HILTI-level Optimizations

  • (!) Standard code optimization & analysis passes:
    • Constant folding & propagation,
    • Reuse of locals
    • Reuse of constants
    • Dead code removal
    • Common subexpression removal
    • Note: I’m marking these as (!)because without such code cleanup, autogenerated HILTI code quickly becomes pretty bad and unreadable … Some of this might be taken care of at the LLVM-level already but that’s (1) unclear and hard to predict, (2) less powerful because it lacks semantics, and (3) doesn’t help with readability of generated code.
  • Alias & escape analysis for further optimizations
    • Will probably need SSA transformation.
  • Hoist heap types to the stack automatically where possible.
  • Hoist heap types into structs where possible.

Linker

  • Cleanup the linker code.

    • The linker code is generally pretty messy, and it’s doing a lot of the linking work “manually” through llvm::Linker . Investigate porting the linker to RuntimeDyLd or the new lld (I’ve lost track what the right component for dynamic/custom linking is). Ideally we’ll be left with just our custom logic implementing HILTI’s cross-module semantics on top of LLVM’s standard linker.
  • Link-time optimizations:

    • Identify and remove unused struct fields,
    • Identify and remove unused globals.
    • Identify and replace constant function arguments.
    • Support HILTI-level optimizations by aggregation meta information across modules.
  • Infrastructure:

    • Identify all used symbols.
    • Identify all exported symbols, and their types, for optimizations.
    • Create a meta-data framework for communicating knowledge between HILTI linker and compiler.
    • Engage the code generator to emit meta data about usage that the linker can the use.
  • Notes:

    • Could LLVM's new ThinLTO help us collecting cross-module information through it's "summary information"?

JIT

  • (!) Fix caching of compiled code to speed up startup times (see above)

Libhilti

  • Investigate using LLVM’s proposed co-routine support for implementing fibers, once that lands (see this thread).

Spicy

Language

  • Add automatic expiration to containers.
  • Add timers for scheduling code.
  • Extend bytes types with indexing/slicing operators for byte-level manipulations. Consider Python-style semantics. (Example use case: calculating checksums)

Compiler

  • (!) Add comprehensive error checking for input files.
    • Currently, the Spicy compiler accepts a lot of malformed input, and then bails out only much later with obscure errors/crashes
  • Revisit the AST design.
    • It’s overall rather messy, and also seems generally slow to operate on.

Optimization

  • The compiler generally generates quite inefficient code. In particular, it often includes code for functionality that a parser doesn’t actually need. That should be skipped, ideally though through HILTI-level optimizations, potentially with annotation from the Spicy compiler.
    • Actually there's a manual version of this right now, that's also a limitation we need to remove: some advanced unit features are available only if the type is exported. This includes filters and sinks. Availability of features shouldn't be linked with exporting. (And if one forgets the export for such a type, the error is pretty cryptic.)

Bro interface

  • The script compiler does not yet support the when statement.
  • Generally, reconsider how to integrate compiled scripts into Bro.

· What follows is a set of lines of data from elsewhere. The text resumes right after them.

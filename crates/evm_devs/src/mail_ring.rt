ghost use Rattle.std.specs.Prelude.{◌≡◌, ◌≤◌, ◌++◌, [], length, IfOk, OnErr};
ghost use Rattle.evm_dev.specs.Rows.{touched};
ghost use Rattle.evm_dev.specs.declared.kind.Kind.TheVariants as kinds;
ghost use Rattle.evm_dev.specs.declared.touch.Op.TheVariants as ops;
ghost use Rattle.evm_room.specs.Growth.{RefusedWithin};

use crate::copying::CopyFrom;
use circular_buffer::HeapCircularBuffer;
use evm_dev::{Device, Kind, MAILBOX_LIMIT, Op, Touch};
use evm_room::{NoMemory, copy_ring, ring};
use std::alloc::Global;
use std::marker::Model;

/// A mailbox over a ring. The room for all words is taken at once.
#[derive(Debug, Drop)]
pub struct MailRing {
    words: HeapCircularBuffer<u64>,
}

impl Model for MailRing {
    ghost use Rattle.std.specs.Prelude.{ℕ, List, ◌≡◌};
    ghost use Rattle.evm_dev.specs.declared.kind.TheConstants.{MAILBOX_LIMIT};

    ghost Value = { List ℕ };

    ghost view = { λ mailbox. mailbox.words.items };

    ghost invariant = { λ mailbox. mailbox.words.capacity ≡ MAILBOX_LIMIT };
}

impl MailRing {
    /// No word.
    ///
    /// # Errors
    ///
    /// Where the allocation of its room failed.
    pub fn new(alloc: Global) -> Result<MailRing, NoMemory>
        ensures empty { IfOk result (λ mailbox. mailbox ≡ []) }
        ensures refused { OnErr result (RefusedWithin MAILBOX_LIMIT) }
    {
        match ring(alloc, MAILBOX_LIMIT) {
            Ok(words) => Ok(MailRing { words }),
            Err(refused) => {
                refused.within();
                Err(NoMemory)
            }
        }
    }

    // The words are these.
    #[tactic(auto, using(evm_room::proofs::Rings::filled))]
    pub(crate) fn set_words(&mut self, words: &[u64])
        requires { length words.now ≤ MAILBOX_LIMIT }
        ensures { self.new ≡ words.now }
    {
        self.words.clear();
        let _count = self.words.fill_from_slice(words);
    }

    // The words, the oldest first, in two parts.
    pub(crate) fn parts(&self) -> (&[u64], &[u64])
        ensures parts { result.0.now ++ result.1.now ≡ self.now }
        ensures limit { length self.now ≤ MAILBOX_LIMIT }
    {
        let _len = self.words.len();
        self.words.as_slices()
    }

    fn fetch(&mut self, register: u8) -> Touch
        ensures words { self.new ≡ (touched kinds.Mailbox ops.Fetch register 0 self.old).words }
        ensures answer { result ≡ (touched kinds.Mailbox ops.Fetch register 0 self.old).touch }
    {
        match register {
            0 => Touch::answer(self.words.pop_front().unwrap_or(0)),
            1 => Touch::answer(self.words.len() as u64),
            _ => Touch::NONE,
        }
    }

    fn put(&mut self, register: u8, value: u64) -> Touch
        ensures words { self.new ≡ (touched kinds.Mailbox ops.Put register value self.old).words }
        ensures answer { result ≡ (touched kinds.Mailbox ops.Put register value self.old).touch }
    {
        match register {
            0 => {
                let _oldest = self.words.push_back(value);
                Touch {
                    answer: Some(0),
                    raise: true,
                }
            }
            1 => {
                self.words.clear();
                Touch::answer(0)
            }
            _ => Touch::NONE,
        }
    }
}

impl Device for MailRing {
    ghost kind_of = { λ _. kinds.Mailbox };

    ghost words_of = { λ mailbox. mailbox };

    fn kind(&self) -> Kind {
        let _len = self.words.len();
        Kind::Mailbox
    }

    fn words(&self, k: usize) -> Option<u64> {
        self.words.get(k).copied()
    }

    fn touch(&mut self, op: Op, register: u8, value: u64) -> Touch {
        match op {
            Op::Fetch => self.fetch(register),
            Op::Put => self.put(register, value),
        }
    }

    fn tick(&mut self) -> bool {
        false
    }
}

impl CopyFrom for MailRing {
    fn copy_from(&mut self, other: &MailRing) {
        copy_ring(&mut self.words, &other.words);
    }
}
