//! Little-endian numbers of a file.

ghost use Rattle.std.specs.Prelude.{◌≡◌, ◌+◌, ◌≤◌, length};
ghost use Rattle.text_symbols.specs.Fields.{field_at};

use byteorder::{ByteOrder, LittleEndian};

/// The byte at an offset.
#[tactic(auto, unfolding(crate::specs::Fields::field_at))]
pub(crate) fn byte_at(file: &[u8], at: usize) -> u8
    requires { at + 1 ≤ length file.now }
    ensures { result ≡ field_at 1 at file.now }
{
    file[at]
}

/// The 16-bit number at an offset.
#[tactic(auto, unfolding(crate::specs::Fields::field_at))]
pub(crate) fn half_at(file: &[u8], at: usize) -> u16
    requires { at + 2 ≤ length file.now }
    ensures { result ≡ field_at 2 at file.now }
{
    LittleEndian::read_u16(&file[at..])
}

/// The 32-bit number at an offset.
#[tactic(auto, unfolding(crate::specs::Fields::field_at))]
pub(crate) fn word_at(file: &[u8], at: usize) -> u32
    requires { at + 4 ≤ length file.now }
    ensures { result ≡ field_at 4 at file.now }
{
    LittleEndian::read_u32(&file[at..])
}

/// The 64-bit number at an offset.
#[tactic(auto, unfolding(crate::specs::Fields::field_at))]
pub(crate) fn long_at(file: &[u8], at: usize) -> u64
    requires { at + 8 ≤ length file.now }
    ensures { result ≡ field_at 8 at file.now }
{
    LittleEndian::read_u64(&file[at..])
}
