//! Instructions: their words, what they do to a hart, and bursts of them.

use crate::call::{Call, decimal, given, hexadecimal, sides, word_of};
use crate::writing::{push, push_gap};
use evm_asm::assemble;
use evm_burst::{Cache, speculate};
use evm_exec::{BURST_LIMIT, Burst, Effect, Hart, access, effect, load_width, loaded, private};
use evm_isa::{BranchOp, ImmediateOp, Inst, Register, Shift, ShiftOp, decode, encode};
use std::alloc::Global;
use std::io::{self, ErrorKind};

fn push_word(out: &mut String, word: Option<u32>) -> io::Result<()> {
    match word {
        Some(word) => Ok(write!(out, "{word:08x}")?),
        None => push(out, "none"),
    }
}

/// The instruction of a word, and the word of that instruction.
pub(crate) fn decoded(call: &Call<'_>, out: &mut String) -> io::Result<()> {
    let Some(inst) = decode(word_of(call.text()?)?) else {
        return push(out, "none");
    };
    push_word(out, encode(inst))?;
    Ok(write!(out, " {inst:?}")?)
}

// An instruction on x1, x2 and x3 with a number that may be none of its kind.
fn inst_with(kind: &str, number: i32) -> Option<Inst> {
    let rd = Register::from_low_bits(1);
    let rs1 = Register::from_low_bits(2);
    let rs2 = Register::from_low_bits(3);
    match kind {
        "bne" => Some(Inst::Branch {
            op: BranchOp::Bne,
            rs1,
            rs2,
            offset: number,
        }),
        "jal" => Some(Inst::Jal { rd, offset: number }),
        "addi" => Some(Inst::Immediate {
            op: ImmediateOp::Addi,
            rd,
            rs1,
            immediate: number,
        }),
        "lui" => Some(Inst::Lui {
            rd,
            immediate: number,
        }),
        "sraiw" => Some(Inst::Shift {
            op: ShiftOp::Sraiw,
            rd,
            rs1,
            amount: Shift::new(u8::try_from(number).ok()?)?,
        }),
        "fence" => Some(Inst::Fence {
            rd,
            rs1,
            fields: u16::try_from(number).ok()?,
        }),
        _ => None,
    }
}

/// The word of an instruction with a number that is out of its range.
pub(crate) fn encoded(call: &Call<'_>, out: &mut String) -> io::Result<()> {
    let (kind, number) = sides(' ', call.text()?)?;
    let Ok(number) = number.parse() else {
        return Err(ErrorKind::InvalidInput.into());
    };
    match inst_with(kind, number) {
        Some(inst) => push_word(out, encode(inst)),
        None => Err(ErrorKind::InvalidInput.into()),
    }
}

/// Whether a number is that of a register, and whether it is an amount of a shift.
pub(crate) fn numbers(call: &Call<'_>, out: &mut String) -> io::Result<()> {
    let Ok(number) = u8::try_from(decimal(call.text()?)?) else {
        return Err(ErrorKind::InvalidInput.into());
    };
    let register = Register::new(number).map(|register| register.number());
    let amount = Shift::new(number).map(|shift| shift.amount());
    Ok(write!(out, "{register:?} {amount:?}")?)
}

// The instruction of a line of a source.
fn inst_of(call: &Call<'_>, line: &str) -> io::Result<Inst> {
    let Ok(program) = assemble(call.alloc, line) else {
        return Err(ErrorKind::InvalidInput.into());
    };
    match program.bytes() {
        [a, b, c, d] => {
            decode(u32::from_le_bytes([*a, *b, *c, *d])).ok_or(ErrorKind::InvalidInput.into())
        }
        _ => Err(ErrorKind::InvalidInput.into()),
    }
}

// Sets the registers that the words name, as `x10=ff`; `mem` names the number that is read or written over.
fn set_up(hart: &mut Hart, words: &str) -> io::Result<u64> {
    let mut memory = 0;
    for word in words.split(' ') {
        let (name, value) = sides('=', word)?;
        let value = hexadecimal(value)?;
        match evm_asm_lexer::register_named(name.as_bytes()) {
            Some(register) => hart.set_register(register, value),
            None if name == "mem" => memory = value,
            None if name == "pc" => hart.pc = value,
            None => return Err(ErrorKind::InvalidInput.into()),
        }
    }
    Ok(memory)
}

// The pc, and the registers that differ.
fn push_changes(out: &mut String, before: &Hart, after: &Hart) -> io::Result<()> {
    let pc = after.pc;
    write!(out, "pc={pc:x}")?;
    for (number, (old, new)) in before.regs.iter().zip(after.regs.iter()).enumerate() {
        if *old != *new {
            write!(out, " x{number}={new:x}")?;
        }
    }
    Ok(())
}

// The number in memory of which a store has written the low bytes.
fn over(memory: u64, bytes: u64, value: u64) -> u64 {
    match bytes {
        1 => memory & !0xff | value,
        2 => memory & !0xffff | value,
        4 => memory & !0xffff_ffff | value,
        _ => value,
    }
}

fn push_effect(out: &mut String, done: Effect, memory: u64) -> io::Result<()> {
    match done {
        Effect::Load { op, rd, address } => {
            let number = rd.number();
            let value = loaded(op, memory);
            let width = load_width(op);
            Ok(write!(out, "{width:?} {address:x} x{number}={value:x}")?)
        }
        Effect::Store {
            width,
            address,
            value,
        } => {
            let after = over(memory, width.bytes(), value);
            Ok(write!(out, "{width:?} {address:x} mem={after:x}")?)
        }
        other => Ok(write!(out, "{other:?}")?),
    }
}

// A hart with this number in each register.
fn hart_of(number: u64) -> Hart {
    Hart {
        regs: [number; 32],
        pc: 0x1000,
    }
}

/// What a hart has of the registers and the pc that are named.
pub(crate) fn set(call: &Call<'_>, out: &mut String) -> io::Result<()> {
    let mut hart = hart_of(0x5aa5_0ff0_5aa5_0ff0);
    set_up(&mut hart, call.text()?)?;
    push_changes(out, &hart_of(0x5aa5_0ff0_5aa5_0ff0), &hart)
}

/// What an instruction, behind the colon, does to a hart whose registers and pc are named before it; the others hold
/// 5aa50ff05aa50ff0.
pub(crate) fn executed(call: &Call<'_>, out: &mut String) -> io::Result<()> {
    let text = call.text()?;
    let Some((words, line)) = text.split_once(" : ") else {
        return Err(ErrorKind::InvalidInput.into());
    };
    let mut hart = hart_of(0x5aa5_0ff0_5aa5_0ff0);
    let memory = set_up(&mut hart, words)?;
    let inst = inst_of(call, line)?;
    match private(&inst, &hart) {
        Some(after) => push_changes(out, &hart, &after)?,
        None => push_effect(out, effect(&inst, &hart), memory)?,
    }
    match access(&inst, &hart) {
        Some(access) => Ok(write!(out, " {access:?}")?),
        None => Ok(()),
    }
}

// A hart with no number in a register, at the first address of RAM.
fn fresh() -> Hart {
    Hart {
        regs: [0; 32],
        pc: 0x8000_0000,
    }
}

fn push_burst(out: &mut String, burst: &Burst) -> io::Result<()> {
    let count = burst.len();
    write!(out, "{count}: ")?;
    for (address, word) in burst.pairs() {
        write!(out, "{address:x}={word:x} ")?;
    }
    push_changes(out, burst.start(), burst.end())
}

/// A burst of words: which of them are taken, and what they do.
pub(crate) fn burst(call: &Call<'_>, out: &mut String) -> io::Result<()> {
    let mut burst = Burst::empty(fresh());
    for word in call.text()?.split(' ') {
        let word = word_of(word)?;
        let is_taken = burst.len() < BURST_LIMIT && burst.extend(word);
        push(out, if is_taken { "+" } else { "-" })?;
    }
    push(out, " ")?;
    push_burst(out, &burst)
}

// Words with a plus between them.
fn words_of(alloc: Global, text: &str) -> io::Result<Vec<u32>> {
    let mut words = Vec::new(alloc);
    for word in text.split('+') {
        words.push(word_of(word)?)?;
    }
    Ok(words)
}

// Notes or gets a word of a cache, or fills it with this count.
fn use_cache(call: &Call<'_>, cache: &mut Cache, word: &str, out: &mut String) -> io::Result<()> {
    let (kind, word) = sides(':', word)?;
    match kind {
        "get" => {
            push_gap(out)?;
            push_word(out, cache.get(hexadecimal(word)?))
        }
        "fill" => {
            let mut address = 0x8000_0000u64;
            for _ in 0..decimal(word)? {
                cache.note(address, &[0x0050_0513]);
                address = address.wrapping_add(4);
            }
            Ok(())
        }
        _ => {
            let (address, words) = sides('=', word)?;
            let words = words_of(call.alloc, words)?;
            cache.note(hexadecimal(address)?, words.as_slice());
            Ok(())
        }
    }
}

/// A cache: `note:ADDRESS=WORD+WORD` notes words, `get:ADDRESS` gets one, `fill:COUNT` notes `addi x10, x0, 5` at this count of
/// addresses; and what is done ahead by it.
pub(crate) fn cache(call: &Call<'_>, out: &mut String) -> io::Result<()> {
    let mut cache = given(Cache::new(call.alloc))?;
    for word in call.text()?.split(' ') {
        use_cache(call, &mut cache, word, out)?;
    }
    push_gap(out)?;
    push_burst(out, &speculate(&fresh(), &mut cache))
}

justrx (HILTI’s custom regex library)

  • (!) Assess alternatives that we could swap in for the custom library.
    • At the time this was written, there was not existing library with the right feature set. That may or may not have changed now. (Note that most likely we will want to stay with DFA-based library.)
  • If we stay with justrx:
    • Clean up the code base (API, documentation, missing features).
    • Add JIT compilation

Documentation

  • HILTI
    • Document execution semantics.
    • Document runtime API.
    • Document host interface.
    • Document builder API.
  • Spicy
    • (!) Document the language.
    • Document runtime API.
    • Document host interface.
    • Document builder API.
  • Developer manual
    • Document the various subsystems.
    • Document coding conventions.
    • Document debugging and profiling support.